Call it artificial artificial intelligence.
A team of computer graduate students reports that a closer examination of several dozen information retrieval algorithms hailed as milestones in artificial research were in fact nowhere near as revolutionary as claimed. In fact, AI used in those algorithms were often merely minor tweaks of previously established routines.
According to graduate student researcher Davis Blalock at the Massachusetts Institute of Technology, after his team examined 81 approaches to developing neural networks commonly believed to be superior to earlier efforts, the team could not confirm that any improvement, in fact, was ever achieved.
"Fifty papers in," Blaclock said, "it became clear that it wasn't obvious what the state of the art even was."
Much credit for advances in artificial intelligence over the past decade lies with improvements in hardware such as graphics processors, computer processing units and cameras that allowed for exponential growth in complex search projects, facial recognition, photography, language translation and voice recognition as well as breakthroughs in ever-more fantastic visualizations of virtual reality games. Algorithmic improvements have certainly assisted as well.
But the MIT team says at least some improvements in AI algorithms have been illusory.
They found, for instance, that with minor tweaks on long-established AI algorithms, the old procedures worked essentially as well as the highly touted "new-and-improved" ones. In several instances, newer AI models were in fact found to be inferior to older approaches.

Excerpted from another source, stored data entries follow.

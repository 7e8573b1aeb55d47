//! Times, devices, and the attributes that a call sets, read and written.

ghost use Rattle.std.specs.Prelude.{◌≡◌, ◌<◌, ◌++◌, length, IfSome};
ghost use Rattle.sky_xdr.specs.Encoding.{uint, uhyper, optional};
ghost use Rattle.sky_xdr.specs.Reading.{uint_at, uhyper_at};
ghost use Rattle.sky_xdr.specs.GrammarReading.{Reads, optional_at};
ghost use Rattle.sky_xdr.specs.Writing.{Puts};
ghost use Rattle.sky_args.specs.Parts.{moment_bytes, device_bytes, set_time_bytes, set_attr_bytes, guard_bytes};
ghost use Rattle.sky_args.specs.Reading.{moment_at, device_at, set_time_at, set_attr_at, guard_at};
ghost use Rattle.sky_args.specs.Sizes.{FitsMoment, FitsDevice, FitsSetAttr};

use sky_base::{Device, Moment};
use sky_nfs::{SetAttr, SetTime};
use sky_xdr::{NoRoom, Reader, Writer, XdrFault};

/// Takes a moment (`nfstime3`).
#[tactic(auto, unfolding(crate::specs::Reading::moment_at, sky_xdr::specs::Reading::bind, sky_xdr::specs::GrammarReading::give))]
pub fn take_moment(reader: &mut Reader<'_>) -> Result<Moment, XdrFault>
    ensures exact { Reads result reader.new (moment_at reader.old) }
{
    let seconds = reader.take_u32()?;
    let nanos = reader.take_u32()?;
    Ok(Moment { seconds, nanos })
}

/// Takes a device (`specdata3`).
#[tactic(auto, unfolding(crate::specs::Reading::device_at, sky_xdr::specs::Reading::bind, sky_xdr::specs::GrammarReading::give))]
pub fn take_device(reader: &mut Reader<'_>) -> Result<Device, XdrFault>
    ensures exact { Reads result reader.new (device_at reader.old) }
{
    let major = reader.take_u32()?;
    let minor = reader.take_u32()?;
    Ok(Device { major, minor })
}

/// Takes a number that may be left out (`set_mode3`, `set_uid3`, `set_gid3`).
#[tactic(auto, unfolding(sky_xdr::specs::GrammarReading::optional_at, sky_xdr::specs::Reading::bind, sky_xdr::specs::GrammarReading::give))]
fn take_optional_u32(reader: &mut Reader<'_>) -> Result<Option<u32>, XdrFault>
    ensures exact { Reads result reader.new (optional_at uint_at reader.old) }
{
    if reader.take_bool()? {
        Ok(Some(reader.take_u32()?))
    } else {
        Ok(None)
    }
}

/// Takes a size that may be left out (`set_size3`).
#[tactic(auto, unfolding(sky_xdr::specs::GrammarReading::optional_at, sky_xdr::specs::Reading::bind, sky_xdr::specs::GrammarReading::give))]
fn take_optional_u64(reader: &mut Reader<'_>) -> Result<Option<u64>, XdrFault>
    ensures exact { Reads result reader.new (optional_at uhyper_at reader.old) }
{
    if reader.take_bool()? {
        Ok(Some(reader.take_u64()?))
    } else {
        Ok(None)
    }
}

/// Takes how a time is set (`set_atime`, `set_mtime`).
#[tactic(auto, unfolding(crate::specs::Reading::set_time_at, crate::specs::Reading::set_time_from, crate::specs::Reading::client_time_at, sky_xdr::specs::Reading::bind, sky_xdr::specs::GrammarReading::give, sky_xdr::specs::GrammarReading::refuse))]
fn take_set_time(reader: &mut Reader<'_>) -> Result<SetTime, XdrFault>
    ensures exact { Reads result reader.new (set_time_at reader.old) }
{
    match reader.take_u32()? {
        0 => Ok(SetTime::Keep),
        1 => Ok(SetTime::Server),
        2 => Ok(SetTime::Client(take_moment(reader)?)),
        _ => Err(XdrFault::BadEnum),
    }
}

/// Takes the attributes that a call sets (`sattr3`).
#[tactic(auto, unfolding(crate::specs::Reading::set_attr_at, sky_xdr::specs::Reading::bind, sky_xdr::specs::GrammarReading::give))]
pub fn take_set_attr(reader: &mut Reader<'_>) -> Result<SetAttr, XdrFault>
    ensures exact { Reads result reader.new (set_attr_at reader.old) }
{
    let mode = take_optional_u32(reader)?;
    let uid = take_optional_u32(reader)?;
    let gid = take_optional_u32(reader)?;
    let size = take_optional_u64(reader)?;
    let atime = take_set_time(reader)?;
    let mtime = take_set_time(reader)?;
    Ok(SetAttr {
        mode,
        uid,
        gid,
        size,
        atime,
        mtime,
    })
}

/// Takes the ctime that an object is to have, if one is asked for (`sattrguard3`).
#[tactic(auto, unfolding(crate::specs::Reading::guard_at, sky_xdr::specs::GrammarReading::optional_at, sky_xdr::specs::Reading::bind, sky_xdr::specs::GrammarReading::give))]
pub fn take_guard(reader: &mut Reader<'_>) -> Result<Option<Moment>, XdrFault>
    ensures exact { Reads result reader.new (guard_at reader.old) }
{
    let asked = reader.take_bool()?;
    if asked {
        Ok(Some(take_moment(reader)?))
    } else {
        Ok(None)
    }
}

/// Writes a moment.
#[tactic(auto, unfolding(crate::specs::Parts::moment_bytes))]
pub fn put_moment(writer: &mut Writer<'_>, moment: Moment) -> Result<(), NoRoom>
    ensures puts { Puts result (moment_bytes moment) writer.old writer.new }
{
    writer.put_u32(moment.seconds)?;
    writer.put_u32(moment.nanos)
}

/// Writes a device.
#[tactic(auto, unfolding(crate::specs::Parts::device_bytes))]
pub fn put_device(writer: &mut Writer<'_>, device: Device) -> Result<(), NoRoom>
    ensures puts { Puts result (device_bytes device) writer.old writer.new }
    ensures fits { FitsDevice device }
{
    writer.put_u32(device.major)?;
    writer.put_u32(device.minor)
}

/// Writes a number that may be left out.
#[tactic(auto, using(sky_xdr::proofs::Puts::puts_then, sky_xdr::proofs::Puts::stops_then))]
fn put_optional_u32(writer: &mut Writer<'_>, number: Option<u32>) -> Result<(), NoRoom>
    ensures puts { Puts result (optional uint number) writer.old writer.new }
{
    match number {
        None => writer.put_bool(false),
        Some(number) => {
            writer.put_bool(true)?;
            writer.put_u32(number)
        }
    }
}

/// Writes a size that may be left out.
#[tactic(auto, using(sky_xdr::proofs::Puts::puts_then, sky_xdr::proofs::Puts::stops_then))]
fn put_optional_u64(writer: &mut Writer<'_>, size: Option<u64>) -> Result<(), NoRoom>
    ensures puts { Puts result (optional uhyper size) writer.old writer.new }
{
    match size {
        None => writer.put_bool(false),
        Some(size) => {
            writer.put_bool(true)?;
            writer.put_u64(size)
        }
    }
}

/// Writes how a time is set.
#[tactic(auto, unfolding(crate::specs::Parts::set_time_bytes), using(sky_xdr::proofs::Puts::puts_then, sky_xdr::proofs::Puts::stops_then))]
fn put_set_time(writer: &mut Writer<'_>, time: SetTime) -> Result<(), NoRoom>
    ensures puts { Puts result (set_time_bytes time) writer.old writer.new }
{
    match time {
        SetTime::Keep => writer.put_u32(0),
        SetTime::Server => writer.put_u32(1),
        SetTime::Client(moment) => {
            writer.put_u32(2)?;
            put_moment(writer, moment)
        }
    }
}

/// Writes the mode, the owner and the owner's group that a call sets.
fn put_owners(writer: &mut Writer<'_>, attributes: SetAttr) -> Result<(), NoRoom>
    ensures puts { Puts result (optional uint attributes.mode ++ optional uint attributes.uid ++ optional uint attributes.gid)
        writer.old writer.new }
{
    put_optional_u32(writer, attributes.mode)?;
    put_optional_u32(writer, attributes.uid)?;
    put_optional_u32(writer, attributes.gid)
}

/// Writes the attributes that a call sets.
#[tactic(auto, unfolding(crate::specs::Parts::set_attr_bytes))]
pub fn put_set_attr(writer: &mut Writer<'_>, attributes: SetAttr) -> Result<(), NoRoom>
    ensures puts { Puts result (set_attr_bytes attributes) writer.old writer.new }
    ensures fits { FitsSetAttr attributes }
{
    put_owners(writer, attributes)?;
    put_optional_u64(writer, attributes.size)?;
    put_set_time(writer, attributes.atime)?;
    put_set_time(writer, attributes.mtime)
}

/// Writes the ctime that an object is to have, if one is asked for.
#[tactic(auto, unfolding(crate::specs::Parts::guard_bytes), using(sky_xdr::proofs::Puts::puts_then, sky_xdr::proofs::Puts::stops_then))]
pub fn put_guard(writer: &mut Writer<'_>, guard: Option<Moment>) -> Result<(), NoRoom>
    ensures puts { Puts result (guard_bytes guard) writer.old writer.new }
    ensures fits { IfSome guard FitsMoment }
{
    match guard {
        None => writer.put_bool(false),
        Some(moment) => {
            writer.put_bool(true)?;
            put_moment(writer, moment)
        }
    }
}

An article in Science magazine assessing the study cites a meta-analysis of information retrieval algorithms used in search engines over a decade though 2019 and found "the high mark was actually set in 2009." Another study of neural network recommendation systems used by streaming services determined that six of the seven procedures used failed to improve upon the simpler algorithms devised years earlier.
Blalock points to inconsistencies in techniques used to compare algorithms, leaving the accuracy of claims that one approach is better than another open to question.
In fact, it is the inability to properly compare and assess competing approaches that is largely to blame for apparent lack of significant progress in some areas of AI over the past decade, according to one MIT computer scientist. John Guttag, Blalock's Ph.D. adviser, said, "It's the old saw, right? If you can't measure something, it's hard to make it better."
Zico Kolter, a computer scientist at Carnegie Mellon University, speculates that there is greater motivation and social reward to affix one's name to a new algorithm than to merely patch and tweak older, established methods.
He studied image-recognition models that were programmed to resist what are called adversarial attacks by hackers. Such an attack uses subtly altered code to bypass system security. An early approach called projected gradient descent (PGD) fended off such attacks by training an AI system to distinguish between authentic and fake examples of code. It was considered a sound approach, but was supposedly bypassed by newer and better protocols. However, Kolter's team of researchers found that a simple tweak on the older PGD approach made it virtually indistinguishable in effectiveness compared with the newer methods.
"It's pretty clear that PGD is actually just the right algorithm," Kolter said. "It's the obvious thing, and people want to find overly complex solutions."